Can we live into God's dream of a just world? A world where white men will not track down a black jogger and shoot him? A world where white police officers do not suffocate a black man for a minor offense?

Can we live into God's dream of a sane world? A world in which differences are not feared but embraced. A world in which individualism does not triumph over the common good. A world in which we recognize that all are created equal and should enjoy equal rights. A world in which we treat our neighbor as our responsibility. Since this global pandemic has put us all together in one place, perhaps we could learn to speak the universal language of love which manifests itself in kindness and respect and dignity.

My hope and prayer is that we will open our hearts to the needs around us, open our minds to new possibilities, and open our souls to the Holy Wind that seeks to blow us in a new direction.

NOTES

  1. Debi Thomas, "I Will Pour Out My Spirit," May 24, 2020.
  2. Ibid.

 

Prayers of the People ~ Jan Patrick

"Oh, Lord, our Lord, how majestic is your name in all the earth. When we behold the heavens, the work of your fingers, the moon and stars that you have set in place, what are human beings that you are mindful of them, mortals that you care for them. Oh, Lord, our Lord, how majestic is your name in all the earth."

In the wonders of your creation, in the magnificence of the earth, we see your handiwork. Creator God, we thank you for the very life you breathed into us!

And all around us this spring, you breathe new life into your creation. Azaleas and rhododendron dazzle us with an array of vivid colors while barren flower beds give way to hostas, as seemingly overnight, they burst through the soil to display their grace and elegance. Soon, tiny seeds planted in the soil will produce vine ripened, plump and juicy red tomatoes.

As we breathe in the sweet scents of the garden, we are mindful of you, our Creator.

And every morning, birds instinctively celebrate the dawn of each new day with song, as if to announce, "This is the day that the Lord has made, let us be glad and rejoice in it."

Oh, Lord, our Lord, how majestic is your name in all the earth!

And yet we ask, what are human beings that you are mindful of them? Loving God, help us to bend the arc of the universe more towards justice, that black men no longer die senselessly, without mercy, at the hands of police on our city streets.

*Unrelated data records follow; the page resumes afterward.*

// Sinks in memory.
ghost use Rattle.std.specs.Prelude.{◌≡◌, ◌↔◌, ◌<◌, ◌≤◌, ◌++◌, ◌-◌, [], Some, None, Ok, length, take, min, vec_len, vec_capacity, IsOk, IsErr, IfOk, OnErr};
ghost use Rattle.msp_io.specs.Faults.{one_more, in_64_bits-fits};
ghost use Rattle.msp_io.specs.Lawful.{sink_laws};
ghost use Rattle.msp_io.specs.Memory.{SinkState, Refuses, sink_view, sure_sink_view};
ghost use Rattle.msp_io.specs.Sinks.{Takes, TakesAndFails};

use crate::{Failed, Sink};
use std::alloc::Global;
use std::marker::Model;

/// There was no memory left.
#[derive(Clone, Copy, Debug, PartialEq, Eq)]
pub struct NoMemory;

/// A sink that holds its bytes in memory, takes a few at a time, and fails at chosen calls and where it is full.
#[derive(Drop)]
pub struct MemorySink {
    held: Vec<u8>,
    room: u32,
    step: u32,
    fails: Vec<u64>,
    calls: u64,
    faults: u64,
}

impl Model for MemorySink {
    ghost Value = { SinkState };

    ghost view = { λ s. record {
      held = s.held.items;
      room = s.room;
      step = s.step;
      fails = s.fails.items;
      calls = s.calls;
      faults = s.faults;
    } };

    ghost invariant = { λ s. (vec_len s.held ≤ s.room) × (s.room ≤ vec_capacity s.held) × (0 < s.step) };
}

impl MemorySink {
    /// A sink for `room` bytes, whose memory is taken here, that takes at most `step` bytes per call. Calls are
    /// numbered from 1, and a call whose number is in `fails` fails. The number stays at 2^64 - 1 once it is there.
    ///
    /// # Errors
    ///
    /// `NoMemory` comes where there is no memory for `room` bytes, and never where `room` is 0.
    pub fn new(alloc: Global, room: u32, step: u32, fails: Vec<u64>) -> Result<MemorySink, NoMemory>
        requires { 0 < step }
        ensures ok { IfOk result (λ sink. sink ≡ record {
          held = [];
          room = room;
          step = step;
          fails = fails.items;
          calls = 0;
          faults = 0;
        }) }
        // Where there is no room, no memory is taken.
        ensures no_room { room ≡ 0 → IsOk result }
    {
        let Ok(held) = Vec::with_capacity(alloc, room as usize) else {
            return Err(NoMemory);
        };
        Ok(MemorySink {
            held,
            room,
            step,
            fails,
            calls: 0,
            faults: 0,
        })
    }

    /// The bytes taken so far.
    pub fn bytes(&self) -> &[u8]
        ensures { result.now ≡ self.now.held }
    {
        &self.held
    }
}

impl Sink for MemorySink {
    ghost seen = { sink_view };

    ghost took = { λ s t bytes. Takes (sink_view s) (sink_view t) bytes };

    ghost broke = { λ s t bytes. TakesAndFails (sink_view s) (sink_view t) bytes };

    ghost fits = { λ s. in_64_bits-fits s.faults };

    ghost lawful = { sink_laws sink_view (λ _. tt) };

    fn write(&mut self, bytes: &[u8]) -> Result<usize, Failed>
        // Exactly the calls in `fails` and those without room fail, and change nothing but the numbers.
        ensures fails { IsErr result ↔ Refuses self.old bytes.now }
        ensures failing { OnErr result (self.new ≡ record self.old {
          calls = one_more self.old.calls;
          faults = one_more self.old.faults;
        }) }

        // The other calls take as many bytes as step, slice and room allow.
        ensures exact { IfOk result (λ n. n ≡
            min (min self.old.step (length bytes.now)) (self.old.room - length self.old.held)) }
        ensures grown { IfOk result (λ n. self.new ≡ record self.old {
          held = self.old.held ++ take n bytes.now;
          calls = one_more self.old.calls;
        }) }

        // What every sink ensures.
        ensures moves { IfOk result (λ n. 0 < length bytes.now → 0 < n) }
    {
        self.calls = self.calls.saturating_add(1);
        let room = self.room as usize - self.held.len();
        if self.fails.contains(&self.calls) || (room == 0 && !bytes.is_empty()) {
            self.faults = self.faults.saturating_add(1);
            return Err(Failed);
        }
        let count = (self.step as usize).min(bytes.len()).min(room);
        self.held.extend_from_slice(&bytes[..count]).unwrap();
        Ok(count)
    }
}

/// A sink that takes and drops all bytes, and never fails.
#[derive(Clone, Copy)]
pub struct SureSink;

impl SureSink {
    /// A sink that holds nothing.
    pub fn new() -> SureSink {
        SureSink
    }
}

impl Sink for SureSink {
    ghost seen = { λ _. sure_sink_view };

    ghost took = { λ _ _ bytes. Takes sure_sink_view sure_sink_view bytes };

    ghost broke = { λ _ _ bytes. TakesAndFails sure_sink_view sure_sink_view bytes };

    ghost fits = { λ _. in_64_bits-fits 0 };

    ghost lawful = { sink_laws (λ _. sure_sink_view) (λ _. tt) };

    fn write(&mut self, bytes: &[u8]) -> Result<usize, Failed>
        ensures { result ≡ Ok (length bytes.now) }
    {
        Ok(bytes.len())
    }
}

And...what are mortals that you care for them? It is you, after all, who is the first to cry, it is your heart that is the first to break, as sickness and death from coronavirus plague our cities, our country and the entire world. It is you alone who knows the unbearable depth of pain now being endured throughout all of humanity.

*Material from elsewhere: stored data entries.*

// Whole reads and whole writes.
ghost use Rattle.std.specs.Prelude.{◌≡◌, ◌<◌, ◌≤◌, ℕ, List, length, take, [], IfOk, IfErr, OnErr, IsErrOf};
ghost use Rattle.msp_io.specs.Faults.{Rose};
ghost use Rattle.msp_io.specs.Whole.{IsStop, Puts};
ghost use Rattle.msp_io.specs.declared.whole.TheConstants.{GREATEST_LIMIT};

use crate::{Failed, Sink, Source};
use std::alloc::{AllocError, Global};

/// The greatest limit of a whole read, in bytes.
pub const GREATEST_LIMIT: u64 = 4_294_967_295;

const CHUNK: usize = 4096;

/// Why a whole read stopped before the end of the input.
#[derive(Clone, Copy, PartialEq, Eq)]
pub enum Taken {
    /// The source failed.
    ReadFault,
    /// The input is longer than the limit.
    TooLong,
    /// There was no memory left.
    Memory,
}

impl From<AllocError> for Taken {
    ghost use Rattle.std.specs.Prelude.{◌≡◌};
    ghost use Rattle.msp_io.specs.declared.whole.Taken.TheVariants.{Memory};

    ghost from_gives = { λ _ why. why ≡ Memory };

    fn from(_refusal: AllocError) -> Taken {
        Taken::Memory
    }
}

/// The sink failed.
#[derive(Clone, Copy, PartialEq, Eq)]
pub struct WriteFault;

// One read into a slice with room, and no other. A count of 0 is the end of the input.
fn read_once<S: Source>(source: &mut S, piece: &mut [u8]) -> Result<usize, Failed>
    requires { 0 < length piece.old }
    ensures count { IfOk result (λ n. n ≤ length piece.old) }
    ensures given { IfOk result (λ n. 0 < n → S.gave source.old source.new (take n piece.new)) }
    ensures end { IfOk result (λ n. n ≡ 0 → S.finished source.old source.new []) }
    ensures broken { OnErr result (S.broke source.old source.new []) }
    ensures fault { OnErr result (Rose (S.seen source.old).faults (S.seen source.new).faults) }
    ensures faults { (S.seen source.old).faults ≤ (S.seen source.new).faults }
{
    source.read(piece)
}

/// Takes all bytes of `source`, to its end.
///
/// # Errors
///
/// `ReadFault` comes only where the source failed in this call. `TooLong` comes exactly where one byte more than
/// `limit` was taken, and then nothing more is read. `Memory` comes where memory runs out. In each case what was
/// taken is lost.
pub fn read_all<S: Source>(alloc: Global, source: &mut S, limit: u64) -> Result<Vec<u8>, Taken>
    requires { limit ≤ GREATEST_LIMIT }

    // All that the source gave in this call, to its end.
    ensures all { IfOk result (λ all. S.finished source.old source.new all.items) }
    ensures within { IfOk result (λ all. length all.items ≤ limit) }

    // What was taken before it stopped. After a read that failed, as after one that met the end, nothing more is read.
    ensures stopped { IfErr result (λ why.
        (taken : List ℕ) × IsStop (S.gave source.old source.new) (S.broke source.old source.new) why limit taken) }
    ensures fault { IsErrOf result Taken.ReadFault → Rose (S.seen source.old).faults (S.seen source.new).faults }
    ensures faults { (S.seen source.old).faults ≤ (S.seen source.new).faults }
{
    let mut chunk = [0; CHUNK];
    let mut bytes = Vec::new(alloc);
    'pieces: loop {
        let free = limit as usize - bytes.len();
        let most = chunk.len().min(free + 1);
        match read_once(source, &mut chunk[..most]) {
            Err(Failed) => return Err(Taken::ReadFault),
            Ok(0) => return Ok(bytes),
            Ok(count) => {
                if count > free {
                    return Err(Taken::TooLong);
                }
                bytes.extend_from_slice(&chunk[..count])?;
            }
        }
    }
}

// One write of a slice that is not empty, and no other.
fn write_once<K: Sink>(sink: &mut K, piece: &[u8]) -> Result<usize, Failed>
    requires { 0 < length piece.now }
    ensures count { IfOk result (λ n. (0 < n) × (n ≤ length piece.now)) }
    ensures taken { IfOk result (λ n. K.took sink.old sink.new (take n piece.now)) }
    ensures broken { OnErr result (K.broke sink.old sink.new []) }
    ensures fault { OnErr result (Rose (K.seen sink.old).faults (K.seen sink.new).faults) }
    ensures faults { (K.seen sink.old).faults ≤ (K.seen sink.new).faults }
{
    sink.write(piece)
}

/// Appends all of `bytes` to `sink`, without a call where there are none.
///
/// # Errors
///
/// `WriteFault` comes only where the sink failed in this call, and nothing more is written then. The front of `bytes` may be held.
pub fn write_all<K: Sink>(sink: &mut K, bytes: &[u8]) -> Result<(), WriteFault>
    ensures put { Puts (K.took sink.old sink.new) (K.broke sink.old sink.new) bytes.now result }
    ensures fault { OnErr result (Rose (K.seen sink.old).faults (K.seen sink.new).faults) }
    ensures faults { (K.seen sink.old).faults ≤ (K.seen sink.new).faults }
{
    let mut done = 0;
    'pieces: while done < bytes.len() {
        match write_once(sink, &bytes[done..]) {
            Ok(count) => done += count,
            Err(Failed) => return Err(WriteFault),
        }
    }
    Ok(())
}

We desperately pray for all who suffer from the virus, for all of those who have lost loved ones to the virus, for the medical workers who treat the virus, the first responders and the care givers who protect the vulnerable against the virus.

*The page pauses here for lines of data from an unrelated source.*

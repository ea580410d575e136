// What bytes go to.
ghost use Rattle.std.specs.Prelude.{ℕ, ◌<◌, ◌≤◌, ◌^◌, List, [], length, take, IfOk, OnErr};
ghost use Rattle.msp_io.specs.Faults.{Rose};
ghost use Rattle.msp_io.specs.Sinks.{KeepsLaws};
ghost use Rattle.msp_io.specs.Views.{SinkView};

use crate::Failed;

/// A sink of bytes.
pub trait Sink {
    /// The bytes taken so far, how many they are, and how often the sink has failed.
    ghost seen: { Self → SinkView };

    /// From the one moment to the other the sink took these bytes, and no others, by writes that did not fail.
    ghost took: { Self → Self → List ℕ → Type 0 };

    /// From the one moment to the other the sink took these bytes, and then a write failed.
    ghost broke: { Self → Self → List ℕ → Type 0 };

    /// Takes bytes from the front of `bytes`, and returns how many: at least one, unless the slice is empty.
    ///
    /// # Errors
    ///
    /// `Failed` comes only where the count of faults rose in this call. It takes no byte,
    /// and a later call may succeed.
    fn write(&mut self, bytes: &[u8]) -> Result<usize, Failed>
        ensures count { IfOk result (λ n. n ≤ length bytes.now) }
        ensures moves { IfOk result (λ n. 0 < length bytes.now → 0 < n) }
        ensures taken { IfOk result (λ n. took self.old self.new (take n bytes.now)) }

        ensures failed { OnErr result (Rose (seen self.old).faults (seen self.new).faults) }
        ensures broken { OnErr result (broke self.old self.new []) }
        ensures faults { (seen self.old).faults ≤ (seen self.new).faults };

    /// The count is a number of 64 bits.
    ghost fits: { (s : Self) → (seen s).faults < 2 ^ 64 };

    /// Nothing is taken without a call, what several calls took is joined up to a failure and not beyond, and what is seen of the
    /// sink moves with it.
    ghost lawful: { KeepsLaws seen took broke };
}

How cruel a disease that robs humanity of community and connection. How excruciating to know that the disease forces people to die alone, without family and loved ones to embrace them. But you, Loving God, you are with them, your spirit descends upon them. May they know your presence and may they be at peace.

In these difficult times, we are confronted with voices that beckon us to choose the economy over saving the lives of the vulnerable; self-indulgence and pleasure over genuine care and compassion for others; selfishness over generosity. Forgive us when we go astray; persuade us, guide us, inspire us to do your will.

In these days of social distancing and separation, we find ourselves coming to the garden alone, while the dew is still on the roses. May it be your voice we hear falling on our ear; may we recognize your very presence, and feel your spirit descend upon us – even to the very depths of our soul.

Oh, Lord, our Lord, how majestic is your name in all the earth!

And now, we lift this prayer in the name of Jesus, who taught us to pray together, saying:

Our Father who art in heaven, hallowed be thy name. Thy kingdom come, thy will be done, on earth as it is in heaven. Give us this day our daily bread; and forgive us our debts, as we forgive our debtors; and lead us not into temptation, but deliver us from evil. For thine is the kingdom and the power and the glory, forever. Amen.